A unique concern about pediatric IBD is the impact that the inflammation has on a child’s growth and the progression of puberty, so parents should be aware of this condition and the modifiable factors that influence it.
As a part of her PhD studies, at The University of Newcastle in Australia, she conducted a meta-analysis of 36 observational studies representing approximately 6.4 million children. Thacker found that any exposure to antibiotics before age 5 was linked to a 3 times greater risk of pediatric IBD, and exposure to four or more courses of antibiotics to a 3.5 times greater risk.
Veg, siblings and pets
Lower socioeconomic status appears to be a protective factor that is associated with a 65% lower risk of childhood IBD. Greater consumption of vegetables was also protective, as was having two or more siblings, and being exposed to pets during childhood.
The findings that exposure to animals and having only one toilet are protective of IBD indicate that excessive hygiene can reduce microbes in the environment and interfere with development of a robust microbiome, Thacker said. Basic hygiene is recommended but allowing children to play outdoors and interact with pets in a safe environment appears to be beneficial for developing a strong immune system.
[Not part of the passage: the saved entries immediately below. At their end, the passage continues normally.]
//! The diagnosis.
ghost use Rattle.std.specs.Prelude.{IfOk, OnOk};
ghost use Rattle.query_core.specs.Claims.{GoesOn};
ghost use Rattle.must_facts.specs.Inquiries.{IsQueryOf, matter_of};
ghost use Rattle.must_facts.specs.Verdicts.{AreFindings, FitsOn, IsDiagnosis};

use crate::inquiry::Inquiry;
use crate::known::Known;
use crate::weighing::weigh_all;
use diagnoses::{Diagnosis, Findings};
use plain_data::World;
use query_core::{AskFault, Query, Reply, Target};
use std::alloc::Global;

/// What is found where the run of a world fits.
fn findings(
    alloc: Global,
    inquiry: &Inquiry<'_>,
    query: &mut Query,
    world: World,
) -> Result<Findings, AskFault>
    requires query { IsQueryOf inquiry.now query.old }
    requires fits { FitsOn (matter_of inquiry.now query.old) world }
    ensures goes { OnOk result (GoesOn query.old query.new) }
    ensures found { IfOk result (AreFindings (matter_of inquiry.now query.old) inquiry.now.facts.now) }
{
    let mut known = Known::new(alloc);
    known.add(alloc, inquiry, world)?;
    let verdicts = weigh_all(alloc, inquiry, query, &mut known)?;
    let Known { worlds, runs: _ } = known;
    Ok(Findings { worlds, verdicts })
}

/// The diagnosis of an accepted source and a log, by a query over its runs along the log and these facts. First it is
/// asked whether a run fits, then of each fact, in order, what the worlds that are known don't show. It fails for want
/// of memory alone.
pub fn diagnose(
    alloc: Global,
    inquiry: &Inquiry<'_>,
    query: &mut Query,
) -> Result<Diagnosis, AskFault>
    requires query { IsQueryOf inquiry.now query.old }
    ensures goes { OnOk result (GoesOn query.old query.new) }
    ensures diagnosis { IfOk result (IsDiagnosis (matter_of inquiry.now query.old) inquiry.now.facts.now) }
{
    match query.ask(alloc, Target::Fits, inquiry.conflicts)? {
        Reply::World(world) => {
            let found = findings(alloc, inquiry, query, world)?;
            Ok(Diagnosis::Found(found))
        }
        Reply::Refuted(refutation) => Ok(Diagnosis::Nothing(refutation)),
        Reply::Spent(trail) => Ok(Diagnosis::Undecided(trail)),
    }
}
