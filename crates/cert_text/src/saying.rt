ghost use Rattle.std.specs.Prelude.{◌≡◌, IfOk};
ghost use Rattle.cert_text.specs.WorldSteps as spec;

use crate::entry::{Entry, entry_in, spells};
use std::alloc::{AllocError, Global};

/// What a line of a world says.
#[derive(Clone, Copy, PartialEq, Eq)]
pub(crate) enum Said {
    Head,
    Word(u32, u64),
    Byte(u64, u8),
    End,
}

fn is_word(entry: Entry) -> bool
    ensures { result ≡ spec.is_word entry }
{
    1 <= entry.key && entry.key <= 4_294_967_295 && 1 <= entry.value
}

fn is_byte(entry: Entry) -> bool
    ensures { result ≡ spec.is_byte entry }
{
    1 <= entry.value && entry.value <= 255
}

/// The word or byte that the line gives, where it is the entry's line.
#[tactic(auto, unfolding(crate::specs::WorldSteps::entry_said))]
fn entry_said(alloc: Global, entry: Entry, line: &[u8]) -> Result<Option<Said>, AllocError>
    ensures { IfOk result (λ said. said ≡ spec.entry_said entry line.now) }
{
    if spells(alloc, b'w', entry, line)? {
        if is_word(entry) {
            return Ok(Some(Said::Word(entry.key as u32, entry.value)));
        }
        return Ok(None);
    }
    if spells(alloc, b'b', entry, line)? && is_byte(entry) {
        return Ok(Some(Said::Byte(entry.key, entry.value as u8)));
    }
    Ok(None)
}

/// What a line says, if anything.
#[tactic(auto, unfolding(crate::specs::WorldSteps::said_by))]
pub(crate) fn said_by(alloc: Global, line: &[u8]) -> Result<Option<Said>, AllocError>
    ensures { IfOk result (λ said. said ≡ spec.said_by line.now) }
{
    if line == b"sherlog world 1\n".as_slice() {
        return Ok(Some(Said::Head));
    }
    if line == b"end\n".as_slice() {
        return Ok(Some(Said::End));
    }
    entry_said(alloc, entry_in(line), line)
}
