//! The texts of worlds, written and read exactly.
#![tactic(auto)]

mod entry;
mod fault;
mod lines;
mod reading;
mod saying;
mod stage;
mod text;
mod version;
mod writing;

pub use fault::CertFault;
pub use reading::read_world;
pub use writing::write_world;

#[cfg(test)]
mod tests;
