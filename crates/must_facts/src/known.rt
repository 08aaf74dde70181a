//! Worlds whose runs fit, with these runs.
ghost use Rattle.std.specs.Prelude.{◌≡◌, ◌∷◌, ◌++◌, [], length, suc, IfOk, OnOk};
ghost use Rattle.must_facts.specs.Inquiries.{run_in};
ghost use Rattle.must_facts.specs.Knowing.{Finds, FindsWorld};

use crate::inquiry::Inquiry;
use log_text::LogText;
use plain_data::{Fact, Items, Run, World};
use query_core::AskFault;
use replayer::replay;
use run_facts::holds;
use std::alloc::Global;

/// Worlds, and the run in each, in one order.
#[derive(Drop)]
pub(crate) struct Known {
    pub(crate) worlds: Items<World>,
    pub(crate) runs: Items<Run>,
}

/// The index of a run on which the fact holds, or where it is wanted that it doesn't, of one on which it doesn't.
fn first_with(runs: &[Run], log: &LogText, fact: &Fact, wanted: bool) -> Option<usize>
    ensures found { Finds wanted log.now fact.now runs.now result }
{
    for (index, run) in runs.iter().enumerate() {
        if holds(fact, run, log) == wanted {
            return Some(index);
        }
    }
    None
}

/// The number of the world at an index.
pub(crate) fn number_at(index: usize) -> Result<u32, AskFault>
    ensures { IfOk result (λ number. number ≡ suc index) }
{
    if index >= 0xffff_ffff {
        return Err(AskFault::Memory);
    }
    Ok(index as u32 + 1)
}

impl Known {
    /// Nothing yet.
    pub(crate) fn new(alloc: Global) -> Known
        ensures worlds { result.worlds ≡ [] }
        ensures runs { result.runs ≡ [] }
    {
        Known {
            worlds: Items::new(alloc),
            runs: Items::new(alloc),
        }
    }

    /// One world more, with its run. It fails for want of memory alone.
    pub(crate) fn add(
        &mut self,
        alloc: Global,
        inquiry: &Inquiry<'_>,
        world: World,
    ) -> Result<(), AskFault>
        ensures worlds { OnOk result (self.new.worlds ≡ self.old.worlds ++ world ∷ []) }
        ensures runs { OnOk result (self.new.runs ≡ self.old.runs ++ run_in inquiry.now world ∷ []) }
    {
        let run = replay(alloc, inquiry.program, &world, inquiry.bounds)?;
        self.runs.push(run)?;
        self.worlds.push(world)?;
        Ok(())
    }

    /// The number of a world on whose run the fact holds, or where it is wanted that it doesn't, of one on whose run it
    /// doesn't; none where no known world's run is so.
    pub(crate) fn find(
        &self,
        inquiry: &Inquiry<'_>,
        fact: &Fact,
        wanted: bool,
    ) -> Result<Option<u32>, AskFault>
        ensures { IfOk result (FindsWorld wanted inquiry.now.log.now fact.now self.now) }
    {
        match first_with(self.runs.as_slice(), inquiry.log, fact, wanted) {
            None => Ok(None),
            Some(index) => {
                let number = number_at(index)?;
                Ok(Some(number))
            }
        }
    }

    /// How many worlds are known, which is also the number of the last.
    pub(crate) fn count(&self) -> Result<u32, AskFault>
        ensures { IfOk result (λ count. count ≡ length self.now.worlds) }
    {
        let count = self.worlds.len();
        if count > 0xffff_ffff {
            return Err(AskFault::Memory);
        }
        Ok(count as u32)
    }
}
“Many of these factors can impact our gut microbiota and may have a particularly strong effect in a child,” Thacker said. “A Western diet, high in sugars and ultra-processed foods and low in vegetables, is a prime example.”
Secondhand smoke
Another risk factor is early exposure to secondhand smoke, which doubled the risk of IBD in children.
Thacker advised families with young children to emphasize a diet rich in vegetables and minimally processed whole foods, use antibiotics cautiously in early childhood, consider adopting a pet, prevent secondhand smoke exposure and avoid excessive worry about hygiene, especially in high income countries.
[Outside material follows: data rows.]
ghost use Rattle.std.specs.Prelude.{◌≡◌, ◌≢◌, Err, None, true, IfOk, OnOk, IfErr};
ghost use Rattle.std.specs.Ordering.{nat_cmp};
ghost use Rattle.std.specs.Map.{keys_of};
ghost use Rattle.std.specs.List.Sorted.{IsStrictlySortedBy};
ghost use Rattle.plain_data.specs.Worlds.{has_no_zero};
ghost use Rattle.cert_text.specs.WorldTexts.{ReadsWorld};
ghost use Rattle.cert_text.specs.WorldSteps as spec;

use crate::fault::CertFault;
use crate::lines::line_len;
use crate::saying::{Said, said_by};
use crate::stage::{Stage, stage_after};
use crate::version::names_other_version;
use plain_data::{World, WorldFault};
use std::alloc::Global;

impl From<WorldFault> for CertFault {
    ghost use Rattle.std.specs.Prelude.{◌≡◌};
    ghost use Rattle.cert_text.specs.declared.fault.CertFault.TheVariants.{Memory};

    ghost from_gives = { λ _ fault. fault ≡ Memory };

    fn from(_fault: WorldFault) -> CertFault {
        CertFault::Memory
    }
}

/// Puts what a line says into the world. It fails for want of memory alone.
fn put_said(world: &mut World, said: Said) -> Result<(), CertFault>
    ensures ok { OnOk result (spec.PutsSaid world.old world.new said) }
    ensures err { IfErr result (λ fault. fault ≡ CertFault.Memory) }
{
    match said {
        Said::Word(place, word) => world.set_word(u64::from(place), word)?,
        Said::Byte(address, byte) => world.set_byte(address, byte)?,
        Said::Head | Said::End => {}
    }
    Ok(())
}

/// Takes the line of this number; the answer is the stage behind it.
fn take_line(
    alloc: Global,
    world: &mut World,
    stage: Stage,
    line: &[u8],
    number: usize,
) -> Result<Stage, CertFault>
    ensures ok { IfOk result (λ next. spec.TakesLine stage line.now world.old world.new next) }
    ensures err { IfErr result (λ fault. fault ≢ CertFault.Memory →
        (fault ≡ CertFault.BadLine number) × (spec.line_stage stage (spec.said_by line.now) ≡ None)) }
{
    let Some(said) = said_by(alloc, line)? else {
        return Err(CertFault::BadLine(number));
    };
    let Some(next) = stage_after(stage, said) else {
        return Err(CertFault::BadLine(number));
    };
    put_said(world, said)?;
    Ok(next)
}

/// The world as it is. Its tables ascend, as its iterators say.
fn in_order(world: World) -> World
    ensures same { result ≡ world }
    ensures words { IsStrictlySortedBy nat_cmp (keys_of result.words) }
    ensures bytes { IsStrictlySortedBy nat_cmp (keys_of result.bytes) }
    ensures some_words { has_no_zero result.words ≡ true }
    ensures some_bytes { has_no_zero result.bytes ≡ true }
{
    let _ = world.words();
    let _ = world.bytes();
    world
}

/// The world whose lines the bytes are, or the first line that has no place.
fn read_lines(alloc: Global, bytes: &[u8]) -> Result<World, CertFault>
    ensures { result ≢ Err CertFault.Memory → result ≡ spec.reading bytes.now }
{
    let mut world = World::new(alloc);
    let mut stage = Stage::Head;
    let mut number = 1usize;
    let mut rest = bytes;
    'lines: while !rest.is_empty() {
        let (line, more) = rest.split_at(line_len(rest));
        stage = take_line(alloc, &mut world, stage, line, number)?;
        number += 1;
        rest = more;
    }
    match stage {
        Stage::Done => Ok(in_order(world)),
        _ => Err(CertFault::BadLine(number)),
    }
}

/// The world whose text the bytes are: exactly where there is one. Otherwise the fault is the first
/// line that has no place in the form, or that line 1 names another version.
pub fn read_world(alloc: Global, bytes: &[u8]) -> Result<World, CertFault>
    ensures { ReadsWorld bytes.now result }
{
    if names_other_version(bytes) {
        return Err(CertFault::WrongVersion);
    }
    read_lines(alloc, bytes)
}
If a family has a history of IBD or a child has a history of eczema/rhinitis, encouraging breastfeeding, followed by a healthy diet pattern for the child, may minimize compounding effects of a Western diet on the genetic risk.
A novel risk factor identified in the study is being a non-Caucasian child living in a high-income country, which tripled pediatric IBD risk. The influence of migration on pediatric IBD is the next focus of Ms. Thacker’s research.